[[ Exercise materials, beginning ]]
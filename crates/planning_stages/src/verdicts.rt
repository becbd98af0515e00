// The judges of files by rules of their own, over what their stage is given.
ghost use Rattle.std.specs.Prelude.{◌≡◌, [], IfOk, IfNone, None, option_copied};
ghost use Rattle.giv_files.specs.declared.key.Key.TheVariants as keys;
ghost use Rattle.giv_files.specs.declared.stage.Stage.TheVariants as stages;
ghost use Rattle.giv_files.specs.MadeLists.{MakesAs, ids_of};
ghost use Rattle.giv_files.specs.Settings.{Fits};
ghost use Rattle.delay_management.specs.DispositionStage.{disposition_faults};
ghost use Rattle.delay_management.specs.Judged.{Passes};
ghost use Rattle.vehicle_flow.specs.RightSchedules.{ScheduleIsRight};
ghost use Rattle.vehicle_flow.specs.RightVehicles.{VehiclesAreRight};
ghost use Rattle.planning_stages.specs.Models.{ConceptPasses, DispositionPasses, TimetablePasses};
ghost use Rattle.planning_stages.specs.Places.{in_place, is_pinned};
ghost use Rattle.planning_stages.specs.Planning.{schedule_judged};
ghost use Rattle.planning_stages.specs.Verdicts.{bare_found, bare_verdict, concept_verdict};
ghost use Rattle.planning_stages.specs.Verdicts.{disposition_verdict, first_text};
ghost use Rattle.planning_stages.specs.Verdicts.{reasons_found, schedule_verdict};
ghost use Rattle.planning_stages.specs.Verdicts.{timetable_verdict};

use crate::places::is_pinned;
use crate::rules::{bare_rule, concept_rule, reason_rule, schedule_rule, timetable_rule};
use config_keys::Config;
use delay_management::check_reasons;
use giv_files::{Bundle, Key, MadeFile, Stage};
use line_search::check_concept;
use pesp_search::check_timetable;
use plan_num::NoMemory;
use stage_chain::{Cause, Finding, Rule};
use std::alloc::Global;
use tables::StageFault;
use vehicle_flow::{ScheduleFault, check_schedule};

// What is found of the files of a stage, by the answer of their judge: the arms say what that is
// where the inputs of the stage are not refused.
macro_rules! finding {
    ($stage:expr, $answer:expr, { $($arms:tt)* }) => {
        match $answer {
            $($arms)*
            Err(StageFault::Refused(refusal)) => Ok(Some(Finding::of(
                $stage,
                Cause::Refused($stage, refusal),
            ))),
            Err(StageFault::NoMemory) => Err(NoMemory),
        }
    };
}

/// What is found of a concept, with the tree that may stand behind it.
pub(crate) fn judge_concept(
    alloc: Global,
    _config: &Config,
    bundle: &Bundle,
    there: &[MadeFile],
) -> Result<Option<Finding>, NoMemory>
    requires fits { Fits bundle.now }
    requires stage { bundle.now.stage ≡ stages.Concept }
    ensures found { IfOk result (λ found. found ≡ concept_verdict bundle.now there.now) }
    ensures passes { MakesAs stages.Concept (ids_of there.now) → IfOk result (λ found.
        IfNone found (ConceptPasses bundle.now there.now)) }
{
    let [concept, more @ ..] = there else {
        return Ok(None);
    };
    finding!(
        Stage::Concept,
        check_concept(alloc, bundle, concept.text.as_bytes(), first_text(more)),
        {
            Ok(None) => Ok(None),
            Ok(Some(fault)) => Ok(Some(Finding::Broken(Stage::Concept, concept_rule(fault)))),
        }
    )
}

/// What is found of a timetable.
pub(crate) fn judge_timetable(
    alloc: Global,
    _config: &Config,
    bundle: &Bundle,
    there: &[MadeFile],
) -> Result<Option<Finding>, NoMemory>
    requires fits { Fits bundle.now }
    requires stage { bundle.now.stage ≡ stages.Timetable }
    ensures found { IfOk result (λ found. found ≡ timetable_verdict bundle.now there.now) }
    ensures passes { MakesAs stages.Timetable (ids_of there.now) → IfOk result (λ found.
        IfNone found (TimetablePasses bundle.now there.now)) }
{
    let [times, ..] = there else {
        return Ok(None);
    };
    finding!(Stage::Timetable, check_timetable(alloc, bundle, times.text.as_bytes()), {
        Ok(None) => Ok(None),
        Ok(Some(fault)) => Ok(Some(Finding::Broken(Stage::Timetable, timetable_rule(fault)))),
    })
}

/// What is found of a vehicle schedule: one that people give needs no potentials.
pub(crate) fn judge_vehicles(
    alloc: Global,
    config: &Config,
    bundle: &Bundle,
    there: &[MadeFile],
) -> Result<Option<Finding>, NoMemory>
    requires fits { Fits bundle.now }
    requires stage { bundle.now.stage ≡ stages.Vehicles }
    ensures found { IfOk result (λ found. found
        ≡ (schedule_judged (is_pinned config.now keys.PinVehicles)).verdict bundle.now there.now) }
    ensures passes { MakesAs (in_place config.now stages.Vehicles) (ids_of there.now)
        → IfOk result (λ found.
        IfNone found ((schedule_judged (is_pinned config.now keys.PinVehicles)).Satisfies
        bundle.now there.now)) }
{
    if is_pinned(config, Key::PinVehicles) {
        bare_verdict(alloc, bundle, there)
    } else {
        schedule_verdict(alloc, bundle, there)
    }
}

// What is found of a vehicle schedule, with the potentials that may stand behind it.
fn schedule_verdict(
    alloc: Global,
    bundle: &Bundle,
    there: &[MadeFile],
) -> Result<Option<Finding>, NoMemory>
    requires fits { Fits bundle.now }
    requires stage { bundle.now.stage ≡ stages.Vehicles }
    ensures found { IfOk result (λ found. found ≡ schedule_verdict bundle.now there.now) }
    ensures passes { MakesAs stages.Vehicles (ids_of there.now) → IfOk result (λ found.
        IfNone found (VehiclesAreRight bundle.now there.now)) }
{
    let [schedule, more @ ..] = there else {
        return Ok(None);
    };
    finding!(
        Stage::Vehicles,
        check_schedule(alloc, bundle, schedule.text.as_bytes(), first_text(more)),
        {
            Ok(None) => Ok(None),
            Ok(Some(fault)) => Ok(Some(Finding::Broken(Stage::Vehicles, schedule_rule(fault)))),
        }
    )
}

// What is found of a vehicle schedule that needs no potentials beside it.
fn bare_verdict(
    alloc: Global,
    bundle: &Bundle,
    there: &[MadeFile],
) -> Result<Option<Finding>, NoMemory>
    requires fits { Fits bundle.now }
    requires stage { bundle.now.stage ≡ stages.Vehicles }
    ensures found { IfOk result (λ found. found ≡ bare_verdict bundle.now there.now) }
    ensures passes { MakesAs stages.PinnedVehicles (ids_of there.now) → IfOk result (λ found.
        IfNone found (ScheduleIsRight bundle.now there.now)) }
{
    let [schedule, more @ ..] = there else {
        return Ok(None);
    };
    finding!(
        Stage::Vehicles,
        check_schedule(alloc, bundle, schedule.text.as_bytes(), first_text(more)),
        {
            Ok(None) | Ok(Some(ScheduleFault::Certificate)) => Ok(None),
            Ok(Some(fault)) => Ok(Some(Finding::Broken(Stage::Vehicles, schedule_rule(fault)))),
        }
    )
}

/// What is found of a disposition, with the reasons that may stand behind it.
pub(crate) fn judge_disposition(
    alloc: Global,
    _config: &Config,
    bundle: &Bundle,
    there: &[MadeFile],
) -> Result<Option<Finding>, NoMemory>
    requires fits { Fits bundle.now }
    requires stage { bundle.now.stage ≡ stages.Disposition }
    ensures found { IfOk result (λ found. found ≡ disposition_verdict bundle.now there.now) }
    ensures passes { MakesAs stages.Disposition (ids_of there.now) → IfOk result (λ found.
        IfNone found (DispositionPasses bundle.now there.now)) }
{
    let [times, more @ ..] = there else {
        return Ok(None);
    };
    match first_text(more) {
        Some(reasons) => reasons_found(alloc, bundle, times.text.as_bytes(), reasons),
        None => bare_found(alloc, bundle, times.text.as_bytes()),
    }
}

// What is found of times with reasons beside them.
fn reasons_found(
    alloc: Global,
    bundle: &Bundle,
    times: &[u8],
    reasons: &[u8],
) -> Result<Option<Finding>, NoMemory>
    requires fits { Fits bundle.now }
    requires stage { bundle.now.stage ≡ stages.Disposition }
    ensures found { IfOk result
        (λ found. found ≡ reasons_found bundle.now times.now reasons.now) }
    ensures inputs { IfOk result
        (λ found. IfNone found (disposition_faults bundle.now ≡ [])) }
    ensures passes { IfOk result
        (λ found. IfNone found (Passes bundle.now times.now reasons.now)) }
{
    finding!(Stage::Disposition, check_reasons(alloc, bundle, times, reasons), {
        Ok(None) => Ok(None),
        Ok(Some(fault)) => Ok(Some(Finding::Broken(Stage::Disposition, reason_rule(fault)))),
    })
}

// What is found of times without reasons beside them: these are wanted.
fn bare_found(alloc: Global, bundle: &Bundle, times: &[u8]) -> Result<Option<Finding>, NoMemory>
    requires fits { Fits bundle.now }
    requires stage { bundle.now.stage ≡ stages.Disposition }
    ensures { IfOk result (λ found. found ≡ bare_found bundle.now times.now) }
{
    finding!(Stage::Disposition, check_reasons(alloc, bundle, times, b""), {
        Ok(found) => Ok(Some(Finding::Broken(Stage::Disposition, bare_rule(found)))),
    })
}

// The text of the first of some files.
fn first_text(files: &[MadeFile]) -> Option<&[u8]>
    ensures { option_copied result ≡ first_text files.now }
{
    match files {
        [first, ..] => Some(first.text.as_bytes()),
        [] => None,
    }
}

/// Nothing is found of files that have no place.
pub(crate) fn judge_nothing(
    _alloc: Global,
    _config: &Config,
    _bundle: &Bundle,
    _there: &[MadeFile],
) -> Result<Option<Finding>, NoMemory>
    ensures { IfOk result (λ found. found ≡ None) }
{
    Ok(None)
}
[[ Exercise materials, end ]]
Exercise objective →
Reproduce only the lines above, starting at the line with "(λ found. IfNone found (Passes" and ending at the line with "of some files.", exactly as written.

Task answer →
        (λ found. IfNone found (Passes bundle.now times.now reasons.now)) }
{
    finding!(Stage::Disposition, check_reasons(alloc, bundle, times, reasons), {
        Ok(None) => Ok(None),
        Ok(Some(fault)) => Ok(Some(Finding::Broken(Stage::Disposition, reason_rule(fault)))),
    })
}

// What is found of times without reasons beside them: these are wanted.
fn bare_found(alloc: Global, bundle: &Bundle, times: &[u8]) -> Result<Option<Finding>, NoMemory>
    requires fits { Fits bundle.now }
    requires stage { bundle.now.stage ≡ stages.Disposition }
    ensures { IfOk result (λ found. found ≡ bare_found bundle.now times.now) }
{
    finding!(Stage::Disposition, check_reasons(alloc, bundle, times, b""), {
        Ok(found) => Ok(Some(Finding::Broken(Stage::Disposition, bare_rule(found)))),
    })
}

// The text of the first of some files.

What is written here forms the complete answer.